───── SUPPLIED ENTRIES

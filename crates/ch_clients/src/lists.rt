ghost use Rattle.std.specs.Prelude.{◌≡◌, ◌<◌, ◌≤◌, ◌+◌, ◌++◌, [], Some, length, slice_get, All};
ghost use Rattle.ch_clients.specs.Clients.{Client as ClientView, MayTurn};
ghost use Rattle.ch_clients.specs.declared.limits.TheConstants.{MOST_CLIENTS};
ghost use Rattle.ch_clients.specs.Passes.{HasTurn};
ghost use Rattle.ch_clients.specs.Serving.{Fate, IsFateOfEnded, IsServed, Turned, client_of, leaver_of};
ghost use Rattle.ch_clients.specs.Spoken.{spoken};
ghost use Rattle.ch_clients.specs.Steps.{Becomes, HasFate, IsFateOfEnd, IsFateOfHandshake, MayGoOn, setting_with};
ghost use Rattle.ch_config.specs.Config.{IsConfig};
ghost use Rattle.ch_desk.specs.Views.{IsDeskOf};
ghost use Rattle.ch_history.specs.Limits.{IsMoment};
ghost use Rattle.ch_live.specs.Peers.{IsPeerOver};

use crate::answer::WorkerTurn;
use crate::client::{Client, Protocol, Step};
use crate::connected::Connected;
use crate::leaving::Leaving;
use crate::next::Next;
use crate::server::Server;
use crate::upgrade::upgrade;
use ch_base::Text;
use ch_desk::Desk;
use ch_exchange::Exchange;
use ch_live::Live;
use ch_net::Link;

/// The clients that are connected, and those who leave.
#[derive(Drop)]
pub(crate) struct Lists<L: Link> {
    pub connected: Connected<L>,
    pub leaving: Leaving<L::Wire>,
}

impl<L: Link> Lists<L> {
    /// Gives the client at a place its turn, and does what becomes of it then.
    pub(crate) fn serve<R, D: Desk<R>>(
        &mut self,
        rt: &R,
        desk: &mut D,
        server: &Server,
        place: usize,
        now: u64,
    ) -> Next
        requires place { place < length self.old.connected }
        requires config { IsConfig server.now.config }
        requires desk { IsDeskOf server.now.config (D.view desk.old) }
        requires may { All (MayTurn server.now.config) self.old.connected }
        requires over { All (IsPeerOver server.now.config) self.old.leaving }
        requires room { length self.old.connected + length self.old.leaving ≤ MOST_CLIENTS }
        requires now { IsMoment now }
        ensures turn { (turned : Turned)
            × HasTurn (IsServed (setting_with server.now now L.messages)) (λ t. client_of t.fate) (λ t. t.part) place
            self.old.connected self.new.connected (D.view desk.old) (D.view desk.new) turned result
            × (self.new.leaving ≡ self.old.leaving ++ leaver_of turned.fate) }
        ensures may { All (MayTurn server.now.config) self.new.connected }
        ensures over { All (IsPeerOver server.now.config) self.new.leaving }
        ensures shards { IsDeskOf server.now.config (D.view desk.new) }
    {
        let step = self.connected.turn(rt, desk, server, place, now);
        self.go_on(server, place, step, now)
    }

    /// What becomes of the client at a place after its turn.
    fn go_on(&mut self, server: &Server, place: usize, step: Step, now: u64) -> Next
        requires place { place < length self.old.connected }
        requires config { IsConfig server.now.config }
        requires may { MayGoOn server.now.config place step self.old.connected }
        requires over { All (IsPeerOver server.now.config) self.old.leaving }
        requires room { length self.old.connected + length self.old.leaving ≤ MOST_CLIENTS }
        requires now { IsMoment now }
        ensures becomes { (client : ClientView) → slice_get self.old.connected place ≡ Some client
            → (fate : Fate)
            × Becomes (setting_with server.now now L.messages) client step result.part fate
            × HasFate place fate self.old.connected self.new.connected
            self.old.leaving self.new.leaving result.place }
        ensures may { All (MayTurn server.now.config) self.new.connected }
        ensures over { All (IsPeerOver server.now.config) self.new.leaving }
    {
        match step {
            Step::Stays(part) => Next {
                part,
                place: place + 1,
            },
            Step::Upgrades(target) => self.upgrade(server, place, &target, now),
            Step::Ends => self.end(server, place),
        }
    }

    /// The client at a place, whose handshake was answered, speaks WebSocket from now on. It is dropped where
    /// there was no memory.
    fn upgrade(&mut self, server: &Server, place: usize, target: &Text, now: u64) -> Next
        requires place { place < length self.old.connected }
        requires config { IsConfig server.now.config }
        requires may { MayGoOn server.now.config place (Step.Upgrades target.now) self.old.connected }
        requires room { length self.old.connected ≤ MOST_CLIENTS }
        requires now { IsMoment now }
        ensures becomes { (client : ClientView) → slice_get self.old.connected place ≡ Some client
            → (fate : Fate)
            × IsFateOfHandshake (setting_with server.now now L.messages)
            client.number target.now client.speech result.part fate
            × HasFate place fate self.old.connected self.new.connected
            self.old.leaving self.new.leaving result.place }
        ensures may { All (MayTurn server.now.config) self.new.connected }
        ensures leaving { self.new.leaving ≡ self.old.leaving }
    {
        let client = self.connected.take_out(place);
        let number = client.number();
        let Protocol::Http(exchange) = client.into_protocol() else {
            unreachable!();
        };
        match upgrade(server, number, exchange, target, now) {
            Some(live) => {
                self.connected.put_back(place, Client::live(number, live));
                Next {
                    part: WorkerTurn::Moved,
                    place: place + 1,
                }
            }
            None => Next {
                part: WorkerTurn::Memory,
                place,
            },
        }
    }

    /// The client at a place is gone. It leaves, where its session owes losses.
    fn end(&mut self, server: &Server, place: usize) -> Next
        requires place { place < length self.old.connected }
        requires may { MayGoOn server.now.config place Step.Ends self.old.connected }
        requires over { All (IsPeerOver server.now.config) self.old.leaving }
        requires room { length self.old.connected + length self.old.leaving ≤ MOST_CLIENTS }
        ensures becomes { (client : ClientView) → slice_get self.old.connected place ≡ Some client
            → (fate : Fate)
            × (result.part ≡ WorkerTurn.Moved) × IsFateOfEnd client.speech fate
            × HasFate place fate self.old.connected self.new.connected
            self.old.leaving self.new.leaving result.place }
        ensures may { All (MayTurn server.now.config) self.new.connected }
        ensures over { All (IsPeerOver server.now.config) self.new.leaving }
    {
        let client = self.connected.take_out(place);
        leave(&mut self.leaving, client.into_protocol());
        Next {
            part: WorkerTurn::Moved,
            place,
        }
    }
}

/// A client that ended leaves, where its session owes losses.
fn leave<L: Link>(leaving: &mut Leaving<L::Wire>, protocol: Protocol<L>)
    requires room { length leaving.old < MOST_CLIENTS }
    ensures { (fate : Fate) × IsFateOfEnd (spoken L.told L.Wire.told protocol) fate
        × (client_of fate ≡ []) × (leaving.new ≡ leaving.old ++ leaver_of fate) }
{
    match protocol {
        Protocol::WebSocket(live) => leave_live(leaving, live),
        Protocol::Http(exchange) => let_go(exchange),
    }
}

fn leave_live<W: Drop>(leaving: &mut Leaving<W>, live: Live<W>)
    requires room { length leaving.old < MOST_CLIENTS }
    ensures { (fate : Fate) × IsFateOfEnded live.peer fate
        × (client_of fate ≡ []) × (leaving.new ≡ leaving.old ++ leaver_of fate) }
{
    if live.owes() {
        leaving.add(live);
    } else {
        let_live_go(live);
    }
}

/// Drops an exchange that ended.
fn let_go<L: Link>(_exchange: Exchange<L>) {}

/// Drops a live socket that owes nothing.
fn let_live_go<W: Drop>(_live: Live<W>) {}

──────────

## YOUR GOAL
Reproduce all the data exactly. Include every line.

## TASK RESPONSE
filename crates/ch_clients/src/lists.rt
ghost use Rattle.std.specs.Prelude.{◌≡◌, ◌<◌, ◌≤◌, ◌+◌, ◌++◌, [], Some, length, slice_get, All};
ghost use Rattle.ch_clients.specs.Clients.{Client as ClientView, MayTurn};
ghost use Rattle.ch_clients.specs.declared.limits.TheConstants.{MOST_CLIENTS};
ghost use Rattle.ch_clients.specs.Passes.{HasTurn};
ghost use Rattle.ch_clients.specs.Serving.{Fate, IsFateOfEnded, IsServed, Turned, client_of, leaver_of};
ghost use Rattle.ch_clients.specs.Spoken.{spoken};
ghost use Rattle.ch_clients.specs.Steps.{Becomes, HasFate, IsFateOfEnd, IsFateOfHandshake, MayGoOn, setting_with};
ghost use Rattle.ch_config.specs.Config.{IsConfig};
ghost use Rattle.ch_desk.specs.Views.{IsDeskOf};
ghost use Rattle.ch_history.specs.Limits.{IsMoment};
ghost use Rattle.ch_live.specs.Peers.{IsPeerOver};

use crate::answer::WorkerTurn;
use crate::client::{Client, Protocol, Step};
use crate::connected::Connected;
use crate::leaving::Leaving;
use crate::next::Next;
use crate::server::Server;
use crate::upgrade::upgrade;
use ch_base::Text;
use ch_desk::Desk;
use ch_exchange::Exchange;
use ch_live::Live;
use ch_net::Link;

/// The clients that are connected, and those who leave.
#[derive(Drop)]
pub(crate) struct Lists<L: Link> {
    pub connected: Connected<L>,
    pub leaving: Leaving<L::Wire>,
}

impl<L: Link> Lists<L> {
    /// Gives the client at a place its turn, and does what becomes of it then.
    pub(crate) fn serve<R, D: Desk<R>>(
        &mut self,
        rt: &R,
        desk: &mut D,
        server: &Server,
        place: usize,
        now: u64,
    ) -> Next
        requires place { place < length self.old.connected }
        requires config { IsConfig server.now.config }
        requires desk { IsDeskOf server.now.config (D.view desk.old) }
        requires may { All (MayTurn server.now.config) self.old.connected }
        requires over { All (IsPeerOver server.now.config) self.old.leaving }
        requires room { length self.old.connected + length self.old.leaving ≤ MOST_CLIENTS }
        requires now { IsMoment now }
        ensures turn { (turned : Turned)
            × HasTurn (IsServed (setting_with server.now now L.messages)) (λ t. client_of t.fate) (λ t. t.part) place
            self.old.connected self.new.connected (D.view desk.old) (D.view desk.new) turned result
            × (self.new.leaving ≡ self.old.leaving ++ leaver_of turned.fate) }
        ensures may { All (MayTurn server.now.config) self.new.connected }
        ensures over { All (IsPeerOver server.now.config) self.new.leaving }
        ensures shards { IsDeskOf server.now.config (D.view desk.new) }
    {
        let step = self.connected.turn(rt, desk, server, place, now);
        self.go_on(server, place, step, now)
    }

    /// What becomes of the client at a place after its turn.
    fn go_on(&mut self, server: &Server, place: usize, step: Step, now: u64) -> Next
        requires place { place < length self.old.connected }
        requires config { IsConfig server.now.config }
        requires may { MayGoOn server.now.config place step self.old.connected }
        requires over { All (IsPeerOver server.now.config) self.old.leaving }
        requires room { length self.old.connected + length self.old.leaving ≤ MOST_CLIENTS }
        requires now { IsMoment now }
        ensures becomes { (client : ClientView) → slice_get self.old.connected place ≡ Some client
            → (fate : Fate)
            × Becomes (setting_with server.now now L.messages) client step result.part fate
            × HasFate place fate self.old.connected self.new.connected
            self.old.leaving self.new.leaving result.place }
        ensures may { All (MayTurn server.now.config) self.new.connected }
        ensures over { All (IsPeerOver server.now.config) self.new.leaving }
    {
        match step {
            Step::Stays(part) => Next {
                part,
                place: place + 1,
            },
            Step::Upgrades(target) => self.upgrade(server, place, &target, now),
            Step::Ends => self.end(server, place),
        }
    }

    /// The client at a place, whose handshake was answered, speaks WebSocket from now on. It is dropped where
    /// there was no memory.
    fn upgrade(&mut self, server: &Server, place: usize, target: &Text, now: u64) -> Next
        requires place { place < length self.old.connected }
        requires config { IsConfig server.now.config }
        requires may { MayGoOn server.now.config place (Step.Upgrades target.now) self.old.connected }
        requires room { length self.old.connected ≤ MOST_CLIENTS }
        requires now { IsMoment now }
        ensures becomes { (client : ClientView) → slice_get self.old.connected place ≡ Some client
            → (fate : Fate)
            × IsFateOfHandshake (setting_with server.now now L.messages)
            client.number target.now client.speech result.part fate
            × HasFate place fate self.old.connected self.new.connected
            self.old.leaving self.new.leaving result.place }
        ensures may { All (MayTurn server.now.config) self.new.connected }
        ensures leaving { self.new.leaving ≡ self.old.leaving }
    {
        let client = self.connected.take_out(place);
        let number = client.number();
        let Protocol::Http(exchange) = client.into_protocol() else {
            unreachable!();
        };
        match upgrade(server, number, exchange, target, now) {
            Some(live) => {
                self.connected.put_back(place, Client::live(number, live));
                Next {
                    part: WorkerTurn::Moved,
                    place: place + 1,
                }
            }
            None => Next {
                part: WorkerTurn::Memory,
                place,
            },
        }
    }

    /// The client at a place is gone. It leaves, where its session owes losses.
    fn end(&mut self, server: &Server, place: usize) -> Next
        requires place { place < length self.old.connected }
        requires may { MayGoOn server.now.config place Step.Ends self.old.connected }
        requires over { All (IsPeerOver server.now.config) self.old.leaving }
        requires room { length self.old.connected + length self.old.leaving ≤ MOST_CLIENTS }
        ensures becomes { (client : ClientView) → slice_get self.old.connected place ≡ Some client
            → (fate : Fate)
            × (result.part ≡ WorkerTurn.Moved) × IsFateOfEnd client.speech fate
            × HasFate place fate self.old.connected self.new.connected
            self.old.leaving self.new.leaving result.place }
        ensures may { All (MayTurn server.now.config) self.new.connected }
        ensures over { All (IsPeerOver server.now.config) self.new.leaving }
    {
        let client = self.connected.take_out(place);
        leave(&mut self.leaving, client.into_protocol());
        Next {
            part: WorkerTurn::Moved,
            place,
        }
    }
}

/// A client that ended leaves, where its session owes losses.
fn leave<L: Link>(leaving: &mut Leaving<L::Wire>, protocol: Protocol<L>)
    requires room { length leaving.old < MOST_CLIENTS }
    ensures { (fate : Fate) × IsFateOfEnd (spoken L.told L.Wire.told protocol) fate
        × (client_of fate ≡ []) × (leaving.new ≡ leaving.old ++ leaver_of fate) }
{
    match protocol {
        Protocol::WebSocket(live) => leave_live(leaving, live),
        Protocol::Http(exchange) => let_go(exchange),
    }
}

fn leave_live<W: Drop>(leaving: &mut Leaving<W>, live: Live<W>)
    requires room { length leaving.old < MOST_CLIENTS }
    ensures { (fate : Fate) × IsFateOfEnded live.peer fate
        × (client_of fate ≡ []) × (leaving.new ≡ leaving.old ++ leaver_of fate) }
{
    if live.owes() {
        leaving.add(live);
    } else {
        let_live_go(live);
    }
}

/// Drops an exchange that ended.
fn let_go<L: Link>(_exchange: Exchange<L>) {}

/// Drops a live socket that owes nothing.
fn let_live_go<W: Drop>(_live: Live<W>) {}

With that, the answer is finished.